Subject RE: [firebird-support] Replicator pseudo-code (sorry, it's a little long...)
Author Alan McDonald
> >(auditable series is taken via a
> >differnet route).
> >
> >
> What do you mean by this?

Often people want their PKs to have meaning wihtin their database. They also
want to allow users the ability to edit these PK values. Then on top of
that, they want these values to not have gaps in their sequence.
This is a whole other discussion about which I am rather outspoken.

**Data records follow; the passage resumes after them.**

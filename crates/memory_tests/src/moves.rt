// Blocks that are reported in order of address, purged one by one and moved.
ghost use Rattle.std.specs.Prelude.{◌<◌};
ghost use Rattle.iigs_meaning.specs.Fits.{IsWant};

use crate::asserting::same;
use crate::handles::{SLOT_0, SLOT_0_1, SLOT_1, SLOT_2};
use iigs_memory::{Banks, BlockFault, EmptyFault, Handle, PlaceFault, ShiftFault, Want};
use std::alloc::Global;
use std::process::Abort;
use std::test::Fail;

/// A call, and what is answered.
enum Step {
    /// A block of a given number of bytes is placed, at a level and locked or not.
    Put(u32, u8, bool, Result<Handle, PlaceFault>),
    Free(Handle, Result<(), BlockFault>),
    Empty(Handle, Result<(), EmptyFault>),
    Shift(Handle, u32, Result<(), ShiftFault>),
    /// The size of the kept want.
    Kept(Handle, Result<u32, BlockFault>),
    Count(u32),
    Nth(u32, Option<Handle>),
    At(Handle, Result<Option<u32>, BlockFault>),
    /// The first byte and the last are written.
    Write(Handle, u8, u8),
    /// They are these.
    Ends(Handle, Option<(u8, u8)>),
}

fn any(size: u32) -> Want
    requires { 0 < size }
    ensures want { IsWant result }
{
    Want {
        size,
        align: 1,
        no_cross: false,
        no_special: false,
        at: None,
        bank: None,
        low: None,
    }
}

// The calls as the steps make them. They promise nothing.
fn put(
    banks: &mut Banks,
    size: u32,
    level: u8,
    locked: bool,
) -> Option<Result<Handle, PlaceFault>> {
    if size == 0 {
        return None;
    }
    Some(banks.place(&any(size), 0, locked, level))
}

fn kept(banks: &Banks, h: Handle) -> Result<u32, BlockFault> {
    Ok(banks.kept(h)?.size)
}

fn at(banks: &Banks, h: Handle) -> Result<Option<u32>, BlockFault> {
    Ok(banks.state(h)?.at)
}

fn write(banks: &mut Banks, h: Handle, first: u8, last: u8) {
    if let Ok(bytes) = banks.block_mut(h) {
        if let Some(byte) = bytes.first_mut() {
            *byte = first;
        }
        if let Some(byte) = bytes.last_mut() {
            *byte = last;
        }
    }
}

fn ends(banks: &Banks, h: Handle) -> Option<(u8, u8)> {
    match banks.block(h) {
        Ok(bytes) => Some((*bytes.first()?, *bytes.last()?)),
        Err(_) => None,
    }
}

fn change(rt: &impl Abort, banks: &mut Banks, n: usize, step: &Step) {
    match step {
        Step::Put(size, level, locked, is) => {
            same(rt, n, put(banks, *size, *level, *locked), Some(*is))
        }
        Step::Free(h, is) => same(rt, n, banks.free(*h), *is),
        Step::Empty(h, is) => same(rt, n, banks.empty(*h), *is),
        Step::Shift(h, to, is) => same(rt, n, banks.shift(*h, *to), *is),
        Step::Write(h, first, last) => write(banks, *h, *first, *last),
        _ => reveal(rt, banks, n, step),
    }
}

fn reveal(rt: &impl Abort, banks: &Banks, n: usize, step: &Step) {
    match step {
        Step::Kept(h, is) => same(rt, n, kept(banks, *h), *is),
        Step::Count(is) => same(rt, n, banks.count(), *is),
        Step::Nth(place, is) => same(rt, n, banks.nth(*place), *is),
        Step::At(h, is) => same(rt, n, at(banks, *h), *is),
        Step::Ends(h, is) => same(rt, n, ends(banks, *h), *is),
        _ => panic!(rt; "step {n} is no step"),
    }
}

fn run(rt: &(impl Alloc<A = Global> + Abort), numbers: &[u8], steps: &[Step]) -> Result<(), Fail> {
    let mut banks = Banks::new(rt.alloc(), numbers)?;
    for (n, step) in steps.iter().enumerate() {
        change(rt, &mut banks, n, step);
    }
    Ok(())
}

static IN_ORDER: [Step; 14] = [
    Step::Count(0),
    Step::Nth(0, None),
    Step::Put(0x10, 1, false, Ok(SLOT_0)),
    Step::Put(0x20, 0, false, Ok(SLOT_1)),
    Step::Put(0x30, 2, false, Ok(SLOT_2)),
    Step::Count(3),
    Step::Empty(SLOT_1, Err(EmptyFault::NotPurgeable)),
    Step::Empty(SLOT_0, Ok(())),
    Step::Empty(SLOT_0, Err(EmptyFault::Empty)),
    Step::Kept(SLOT_0, Ok(0x10)),
    Step::Count(2),
    Step::Nth(0, Some(SLOT_1)),
    Step::Nth(1, Some(SLOT_2)),
    Step::Nth(2, None),
];

// Blocks are reported in order of address, and one is purged.
#[test]
fn blocks_in_order(rt: HostRuntime) -> Result<(), Fail> {
    run(&rt, &[2], &IN_ORDER)
}

static SHIFTED: [Step; 22] = [
    Step::Put(1, 0, false, Ok(SLOT_0)),
    Step::Put(0xFFFE, 0, false, Ok(SLOT_1)),
    Step::Put(1, 0, true, Ok(SLOT_2)),
    Step::Write(SLOT_1, 0x12, 0x34),
    Step::Write(SLOT_2, 0x56, 0x56),
    Step::Shift(SLOT_1, 0x02_0000, Err(ShiftFault::NoFit)),
    Step::Shift(SLOT_1, 0x02_0002, Err(ShiftFault::Higher)),
    Step::Shift(SLOT_2, 0x02_0000, Err(ShiftFault::Locked)),
    Step::Free(SLOT_0, Ok(())),
    Step::Shift(SLOT_0, 0x02_0000, Err(ShiftFault::Stale)),
    Step::Kept(SLOT_0, Err(BlockFault::Stale)),
    Step::Empty(SLOT_0, Err(EmptyFault::Stale)),
    Step::Shift(SLOT_1, 0x02_0000, Ok(())),
    Step::At(SLOT_1, Ok(Some(0x02_0000))),
    Step::Ends(SLOT_1, Some((0x12, 0x34))),
    Step::Ends(SLOT_2, Some((0x56, 0x56))),
    Step::Shift(SLOT_1, 0x02_0000, Ok(())),
    Step::Shift(SLOT_1, 0x01_FFFF, Err(ShiftFault::NoFit)),
    Step::Nth(0, Some(SLOT_1)),
    Step::Put(1, 1, false, Ok(SLOT_0_1)),
    Step::Empty(SLOT_0_1, Ok(())),
    Step::Shift(SLOT_0_1, 0x02_0000, Err(ShiftFault::Empty)),
];

// A block of nearly a bank is moved by one byte, and none of its bytes is lost.
#[test]
fn a_block_is_moved_over_itself(rt: HostRuntime) -> Result<(), Fail> {
    run(&rt, &[2], &SHIFTED)
}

> Suppose table A has a trigger (after insert or after update), which
> inserts records automatically into table B. This happens all the time,
> while people are using the database, quite independantly from the
> replicator. Obviously, each record that gets inserted into table A
> generates an line in the log table, and the same goes for table B. Then,
> the replicator kicks in, and replicated table A first. In the remote
> database, the same thing is going to happen : when I insert a record
> into table A, a certain number of records are automatically going to get
> inserted into table B. This has nothing to do with replication, that's
> just the way I designed my database (admittedly not very well!). So then
> afterwards, table B will get replicated, and all the same rows are going
> to get inserted again. So it will either generate a PK violation, or, it
> the PK values aren't the same, it will simply duplicate all the lines.
> So I can't think of any other (nor simpler) solution to this problem
> than to do as I did, that is, to not record the type of change that
> occured, but merely indicate which record was affected. That way, in the
> case I described above, we can simply notice that the records are
> already present, and so we update rather and inserting. This is very
> flexible.
>

The automatic trigger that inserts a record into table B on insert/update to
table A will not fire under replication since the USER is recognised here
too. All replication takes place by way of single inserts/updates and
deletes, as if all tables are standalone. That's the model I have used for
years, but as I say - each to his own.